• [Problem]: State only how many lines below include the word "those".

• [Material for this exercise]:
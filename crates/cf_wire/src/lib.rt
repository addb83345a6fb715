//! A wire: the WebSocket of one client on any stream, turn by turn, and the desk that hears its texts and gives what goes out.
//!
//! The messages are those of RFC 6455, carried out by `tungstenite`.
#![tactic(auto)]

mod accept;
mod desk;
mod end;
mod gather;
mod head;
mod wire;

pub use accept::{RefusedStream, WireFault};
pub use desk::Desk;
pub use end::{Stage, TurnEnd, WireEnd};
pub use gather::Gather;
pub use wire::Wire;
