impl<S: Read + Write + Drop> Wire<S> {
    /// Reads what the peer sent, at most 64 messages and none once 65,536 bytes of text were heard, and sends what the desk
    /// gives: before the first, after each, and at the end. While the desk isn't ready nothing is read. A text is heard by the
    /// desk, a ping or pong is passed over, and a binary message, or one of more than 131,072 bytes, closes with 3501. If what
    /// came is no frame, or no UTF-8, the turn ends as `StreamFault`, and the peer is told 1002 or 1007. Of a spent wire each
    /// turn ends as the one did by which it was.
    pub fn turn<D: Desk>(&mut self, desk: &mut D) -> TurnEnd
        ensures turns { is_over self.old.stage ≡ false →
            Turns D.hears D.gives D.ready S.remaining S.contents result
            (place desk.old self.old) (place desk.new self.new) }
        ensures ends { Agrees result self.new.stage }
        ensures spent { is_over self.old.stage ≡ true
            → (self.new ≡ self.old) × (desk.new ≡ desk.old) }
    {
        match self.stage {
            Stage::Over(end) => end.told(),
            Stage::Unflushed(close) => match self.flush(close) {
                Ok(()) => self.exchange(desk),
                Err(end) => end,
            },
            Stage::Open => self.exchange(desk),
        }
    }

    /// Whether a message waits for the stream.
    pub fn is_unflushed(&self) -> bool
        ensures { result ≡ is_unflushed self.now.stage }
    {
        match self.stage {
            Stage::Unflushed(_) => true,
            _ => false,
        }
    }

    /// The stream.
    pub fn stream(&self) -> &S
        ensures { result.now ≡ self.now.socket.stream }
    {
        self.socket.get_ref()
    }

    /// The stream, to be changed: what is promised of a turn speaks of the stream that it finds.
    pub fn stream_mut(&mut self) -> &mut S {
        self.socket.get_mut()
    }

    /// Lets go of the wire, and gives its stream.
    pub fn into_stream(self) -> S
        ensures { result ≡ self.socket.stream }
    {
        let Wire { socket, stage: _ } = self;
        socket.into_inner()
    }

    fn exchange<D: Desk>(&mut self, desk: &mut D) -> TurnEnd
        requires { self.old.stage ≡ Stage.Open }
        ensures turns { Turns D.hears D.gives D.ready S.remaining S.contents result
            (place desk.old self.old) (place desk.new self.new) }
        ensures ends { Agrees result self.new.stage }
    {
        let mut left = MOST_BYTES;
        for index in 0..MOST_READS {
            if let Err(end) = self.give_all(desk) {
                return end;
            }
            if !desk.is_ready() {
                return TurnEnd::Idle;
            }
            if left == 0 {
                return TurnEnd::More;
            }
            if let Err(end) = self.hear(desk, &mut left) {
                return end;
            }
        }
        match self.give_all(desk) {
            Ok(()) => TurnEnd::More,
            Err(end) => end,
        }
    }

    /// Sends what the desk gives, until it gives nothing.
    fn give_all<D: Desk>(&mut self, desk: &mut D) -> Result<(), TurnEnd>
        requires { self.old.stage ≡ Stage.Open }
        ensures turns { Part D.hears D.gives D.ready S.remaining S.contents 0 0 0 0
            (reached_emptied result) (place desk.old self.old) (place desk.new self.new) }
        ensures open { OnOk result (self.new.stage ≡ Stage.Open) }
        ensures ends { IfErr result (λ end. Agrees end self.new.stage) }
    {
        for index in 0..MOST_SENDS {
            let Some(out) = desk.next() else {
                return Ok(());
            };
            if let Err(end) = self.put(out) {
                return Err(end);
            }
        }
        Err(TurnEnd::More)
    }

    /// Reads a message, and does what it asks for. The bytes of a text come off those that are left.
    fn hear<D: Desk>(&mut self, desk: &mut D, left: &mut usize) -> Result<(), TurnEnd>
        requires open { self.old.stage ≡ Stage.Open }
        requires ready { D.ready desk.old ≡ true }
        requires room { 0 < left.old }
        ensures turns { Part D.hears D.gives D.ready S.remaining S.contents (read_in result) 1
            left.old left.new (reached_by result) (place desk.old self.old)
            (place desk.new self.new) }
        ensures open { OnOk result (self.new.stage ≡ Stage.Open) }
        ensures ends { IfErr result (λ end. Halts end self.new.stage) }
    {
        match self.socket.read() {
            Ok(message) => {
                let acted = self.act_on(&message, desk, left);
                // By a call, since what drops an enum at the end of its block is proved here for each of its variants.
                drop(message);
                acted
            }
            Err(Error::Capacity(_)) => self.shut(CloseCode::BadRequest.code()),
            Err(error) => Err(self.fail(error)),
        }
    }

    /// Does what a message asks for that was read.
    fn act_on<D: Desk>(
        &mut self,
        message: &Message,
        desk: &mut D,
        left: &mut usize,
    ) -> Result<(), TurnEnd>
        requires open { self.old.stage ≡ Stage.Open }
        requires ready { D.ready desk.old ≡ true }
        requires room { 0 < left.old }
        ensures turns { (before : Socket S)
            → Reads S.remaining before self.old.socket (Ok message.now)
            → Part D.hears D.gives D.ready S.remaining S.contents (read_in result) 1
            left.old left.new (reached_by result)
            (place desk.old (record { socket = before; stage = Stage.Open }))
            (place desk.new self.new) }
        ensures open { OnOk result (self.new.stage ≡ Stage.Open) }
        ensures ends { IfErr result (λ end. Halts end self.new.stage) }
    {
        match message {
            Message::Text(text) => {
                let words = text.as_str();
                desk.heard(words);
                *left = left.saturating_sub(words.len());
                Ok(())
            }
            Message::Binary(_) => self.shut(CloseCode::BadRequest.code()),
            Message::Ping(_) => Ok(()),
            Message::Pong(_) => Ok(()),
            Message::Close(frame) => {
                let code = code_of(frame);
                self.stage = Stage::Unflushed(Some(code));
                self.flush(Some(code))
            }
        }
    }

    /// Sends what the desk gave. Nothing is asked of a connection that can't write.
    #[inline(always)]
    fn put(&mut self, out: Out) -> Result<(), TurnEnd>
        ensures put { Settles S.contents self.old.socket out self.new.socket self.new.stage }
        ensures kept { PutsOrKeeps S.contents self.old.socket out self.new.socket }
        ensures open { OnOk result (self.new.stage ≡ Stage.Open) }
        ensures ends { IfErr result (λ end. Stops end self.new.stage) }
    {
        if !self.socket.can_write() {
            return Err(self.stop(WireEnd::StreamFault));
        }
        match out {
            Out::Text(text) => self.send(text),
            Out::Close(code) => self.shut(code),
        }
    }

    /// Sends a text.
    #[inline(always)]
    fn send(&mut self, text: Utf8Bytes) -> Result<(), TurnEnd>
        ensures sent { Sends S.contents self.old.socket (content.text text) None self.new.socket
            self.new.stage }
        ensures open { OnOk result (self.new.stage ≡ Stage.Open) }
        ensures ends { IfErr result (λ end. Stops end self.new.stage) }
    {
        match self.socket.send(Message::Text(text)) {
            Ok(()) => {
                self.stage = Stage::Open;
                Ok(())
            }
            Err(error) => Err(self.pause(error, Stage::Unflushed(None))),
        }
    }

    /// Sends a close frame by the two calls that the socket's `send` is made of, so that `send` itself has one caller, and the
    /// compiler unfolds it where a text is sent.
    fn send_close(&mut self, frame: CloseFrame, code: u16) -> Result<(), TurnEnd>
        ensures sent { Sends S.contents self.old.socket (content.close (close_of (Some frame)))
            (Some code) self.new.socket self.new.stage }
        ensures open { OnOk result (self.new.stage ≡ Stage.Open) }
        ensures ends { IfErr result (λ end. Stops end self.new.stage) }
    {
        let stage = Stage::Unflushed(Some(code));
        match self.socket.write(Message::Close(Some(frame))) {
            Ok(()) => {
                self.stage = stage;
                self.flush(Some(code))
            }
            Err(error) => Err(self.pause(error, stage)),
        }
    }

    /// Asks the socket for a close: as it sends a message, which changes nothing if it finds the output full, as long as the
    /// connection can write. Once a read has failed only the socket's `close` still writes.
    #[cold]
    fn shut(&mut self, code: u16) -> Result<(), TurnEnd>
        ensures put { Settles S.contents self.old.socket (out.Close code) self.new.socket
            self.new.stage }
        ensures open { OnOk result (self.new.stage ≡ Stage.Open) }
        ensures ends { IfErr result (λ end. Stops end self.new.stage) }
    {
        let frame = frame_of(code);
        if !self.socket.can_write() {
            let answer = self.socket.close(Some(frame));
            return self.settle(answer, Some(code));
        }
        if !frame.code.is_allowed() {
            let barred = Error::Protocol(ProtocolError::InvalidCloseCode(code));
            return self.settle(Err(barred), Some(code));
        }
        self.send_close(frame, code)
    }

    /// A read failed. The peer is told if it made the error, as far as its socket takes it.
    fn fail(&mut self, error: Error) -> TurnEnd
        ensures told { TellsIf S.contents self.old.socket (code_of_fault error) self.new.socket }
        ensures left { self.new.stage ≡ stage_after error Stage.Open }
        ensures halts { Halts result self.new.stage }
    {
        self.tell_fault(&error);
        self.pause(error, Stage::Open)
    }

    /// Tells the peer of an error of a read that it made. What the socket answers changes nothing.
    fn tell_fault(&mut self, error: &Error)
        ensures told { TellsIf S.contents self.old.socket (code_of_fault error.now)
            self.new.socket }
    {
        match code_of_fault(error) {
            Some(code) => self.tell(code),
            None => {}
        }
    }

    /// Asks the socket for a close, whatever it answers. The stage is for the caller to settle.
    fn tell(&mut self, code: u16)
        ensures { Tells S.contents self.old.socket code self.new.socket }
    {
        let told = self.shut(code);
        drop(told);
    }

    /// What waits goes to the stream. Ok: the wire is open again.
    fn flush(&mut self, close: Option<u16>) -> Result<(), TurnEnd>
        requires { self.old.stage ≡ Stage.Unflushed close }
        ensures flushed { Flushed S.contents self.old.socket self.new.socket }
        ensures leaves { FlushLeaves close self.new.socket self.new.stage }
        ensures open { OnOk result (self.new.stage ≡ Stage.Open) }
        ensures ends { IfErr result (λ end. Stops end self.new.stage) }
    {
        let answer = self.socket.flush();
        self.settle(answer, close)
    }

    /// Settles what a `close` or a `flush` answered: behind Ok a wire whose close waits is over with its code.
    fn settle(&mut self, answer: Result<(), Error>, close: Option<u16>) -> Result<(), TurnEnd>
        ensures same { self.new.socket ≡ self.old.socket }
        ensures ok { OnOk answer (self.new.stage ≡ settled close) }
        ensures err { IfErr answer (λ e. self.new.stage ≡ stage_after e (Stage.Unflushed close)) }
        ensures open { OnOk result (self.new.stage ≡ Stage.Open) }
        ensures ends { IfErr result (λ end. Stops end self.new.stage) }
    {
        match answer {
            Err(error) => Err(self.pause(error, Stage::Unflushed(close))),
            Ok(()) => match close {
                Some(code) => Err(self.stop(WireEnd::Closed(code))),
                None => {
                    self.stage = Stage::Open;
                    Ok(())
                }
            },
        }
    }

    /// The socket failed: if the stream would block the wire is left at this stage, else it is spent.
    #[cold]
    fn pause(&mut self, error: Error, stage: Stage) -> TurnEnd
        requires { is_over stage ≡ false }
        ensures same { self.new.socket ≡ self.old.socket }
        ensures left { self.new.stage ≡ stage_after error stage }
        ensures halts { Halts result self.new.stage }
    {
        let waits = would_block(&error);
        let end = end_of(&error);
        // Once, and before the ways part.
        drop(error);
        if waits {
            self.stage = stage;
            return TurnEnd::Idle;
        }
        self.stop(end)
    }

    fn stop(&mut self, end: WireEnd) -> TurnEnd
        ensures same { self.new.socket ≡ self.old.socket }
        ensures over { self.new.stage ≡ Stage.Over end }
        ensures halts { Halts result self.new.stage }
    {
        self.stage = Stage::Over(end);
        end.told()
    }
}
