//! How a turn ends, and where it leaves the wire.
ghost use Rattle.std.specs.Prelude.{◌≡◌};
ghost use Rattle.cf_wire.specs.Stages.{told};

/// How a turn ended.
#[derive(Clone, Copy, Debug, PartialEq, Eq)]
pub enum TurnEnd {
    /// The stream gives nothing more by now, or takes nothing more: the wire waits for it.
    Idle,
    /// There may be more to read or to send: the next turn goes on.
    More,
    /// The connection was closed with this code, by either side; 1005 if the peer's close has none.
    Closed(u16),
    /// The stream failed or ended, or what came on it is no WebSocket.
    StreamFault,
    /// Memory was refused.
    Memory,
}

/// Why a wire is spent.
#[derive(Clone, Copy)]
pub enum WireEnd {
    Closed(u16),
    StreamFault,
    Memory,
}

impl WireEnd {
    /// The same as the end of a turn.
    pub fn told(self) -> TurnEnd
        ensures { result ≡ told self }
    {
        match self {
            WireEnd::Closed(code) => TurnEnd::Closed(code),
            WireEnd::StreamFault => TurnEnd::StreamFault,
            WireEnd::Memory => TurnEnd::Memory,
        }
    }
}

/// Where a wire stands.
#[derive(Clone, Copy)]
pub enum Stage {
    Open,
    /// A message waits for the stream; a close is given with its code.
    Unflushed(Option<u16>),
    /// The wire is spent.
    Over(WireEnd),
}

• [Expected answer]: 2